__Work instruction__. Work out how many lines of the listing hold the string "Prelude". Answer with that number alone.

__Records shown__.
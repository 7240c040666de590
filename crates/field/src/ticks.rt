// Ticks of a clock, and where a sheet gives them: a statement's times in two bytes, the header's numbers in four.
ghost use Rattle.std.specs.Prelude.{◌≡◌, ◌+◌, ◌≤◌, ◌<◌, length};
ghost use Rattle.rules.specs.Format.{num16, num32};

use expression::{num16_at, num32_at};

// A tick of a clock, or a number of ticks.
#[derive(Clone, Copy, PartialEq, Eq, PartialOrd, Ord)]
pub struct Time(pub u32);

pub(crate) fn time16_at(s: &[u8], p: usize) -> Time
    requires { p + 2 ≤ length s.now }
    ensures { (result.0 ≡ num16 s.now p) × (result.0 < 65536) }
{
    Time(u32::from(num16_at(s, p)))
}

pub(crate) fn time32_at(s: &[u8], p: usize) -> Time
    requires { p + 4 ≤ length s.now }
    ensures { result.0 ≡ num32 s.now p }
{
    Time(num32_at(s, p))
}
...
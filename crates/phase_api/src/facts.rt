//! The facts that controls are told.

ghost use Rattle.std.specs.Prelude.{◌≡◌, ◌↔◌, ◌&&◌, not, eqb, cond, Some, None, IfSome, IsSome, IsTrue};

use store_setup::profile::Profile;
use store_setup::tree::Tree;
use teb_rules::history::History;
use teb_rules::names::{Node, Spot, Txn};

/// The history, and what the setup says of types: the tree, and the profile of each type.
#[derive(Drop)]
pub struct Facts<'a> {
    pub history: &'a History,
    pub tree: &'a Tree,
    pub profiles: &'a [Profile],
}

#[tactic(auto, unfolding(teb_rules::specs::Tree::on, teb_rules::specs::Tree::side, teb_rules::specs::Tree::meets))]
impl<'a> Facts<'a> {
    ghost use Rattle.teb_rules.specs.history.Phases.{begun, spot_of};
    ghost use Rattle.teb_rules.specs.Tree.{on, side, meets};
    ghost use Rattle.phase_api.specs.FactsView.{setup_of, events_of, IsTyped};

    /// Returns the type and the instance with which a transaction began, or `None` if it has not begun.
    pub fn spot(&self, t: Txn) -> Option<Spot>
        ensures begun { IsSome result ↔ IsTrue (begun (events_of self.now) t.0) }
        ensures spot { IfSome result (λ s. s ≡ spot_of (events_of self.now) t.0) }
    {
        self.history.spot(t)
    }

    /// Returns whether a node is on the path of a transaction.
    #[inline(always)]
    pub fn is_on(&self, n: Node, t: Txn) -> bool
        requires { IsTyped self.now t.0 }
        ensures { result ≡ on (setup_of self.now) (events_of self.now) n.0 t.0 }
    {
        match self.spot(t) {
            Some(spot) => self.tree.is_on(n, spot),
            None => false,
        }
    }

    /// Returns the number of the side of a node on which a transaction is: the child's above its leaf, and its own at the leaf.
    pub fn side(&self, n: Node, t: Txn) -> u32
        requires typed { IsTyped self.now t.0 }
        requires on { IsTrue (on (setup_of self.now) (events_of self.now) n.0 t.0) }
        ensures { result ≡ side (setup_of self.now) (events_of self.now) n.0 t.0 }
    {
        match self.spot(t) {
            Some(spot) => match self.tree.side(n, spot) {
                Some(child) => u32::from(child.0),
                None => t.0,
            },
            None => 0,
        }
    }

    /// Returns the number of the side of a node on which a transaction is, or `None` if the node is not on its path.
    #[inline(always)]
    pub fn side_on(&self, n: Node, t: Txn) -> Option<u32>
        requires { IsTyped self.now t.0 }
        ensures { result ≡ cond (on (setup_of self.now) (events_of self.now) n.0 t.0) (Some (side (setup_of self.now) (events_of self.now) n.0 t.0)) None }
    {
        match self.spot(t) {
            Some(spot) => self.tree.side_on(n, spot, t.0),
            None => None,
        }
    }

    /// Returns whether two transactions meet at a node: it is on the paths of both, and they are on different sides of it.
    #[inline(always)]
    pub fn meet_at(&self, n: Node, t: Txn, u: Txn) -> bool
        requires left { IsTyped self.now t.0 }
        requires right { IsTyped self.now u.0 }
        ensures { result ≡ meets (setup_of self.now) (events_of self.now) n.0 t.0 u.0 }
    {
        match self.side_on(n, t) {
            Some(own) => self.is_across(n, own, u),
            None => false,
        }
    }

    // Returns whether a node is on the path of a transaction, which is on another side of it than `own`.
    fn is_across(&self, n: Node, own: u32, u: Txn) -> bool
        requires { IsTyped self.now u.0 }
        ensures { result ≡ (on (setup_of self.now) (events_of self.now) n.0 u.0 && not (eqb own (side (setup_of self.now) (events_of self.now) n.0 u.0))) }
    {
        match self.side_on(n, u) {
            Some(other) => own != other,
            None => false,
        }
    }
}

__Exercise answer__. 2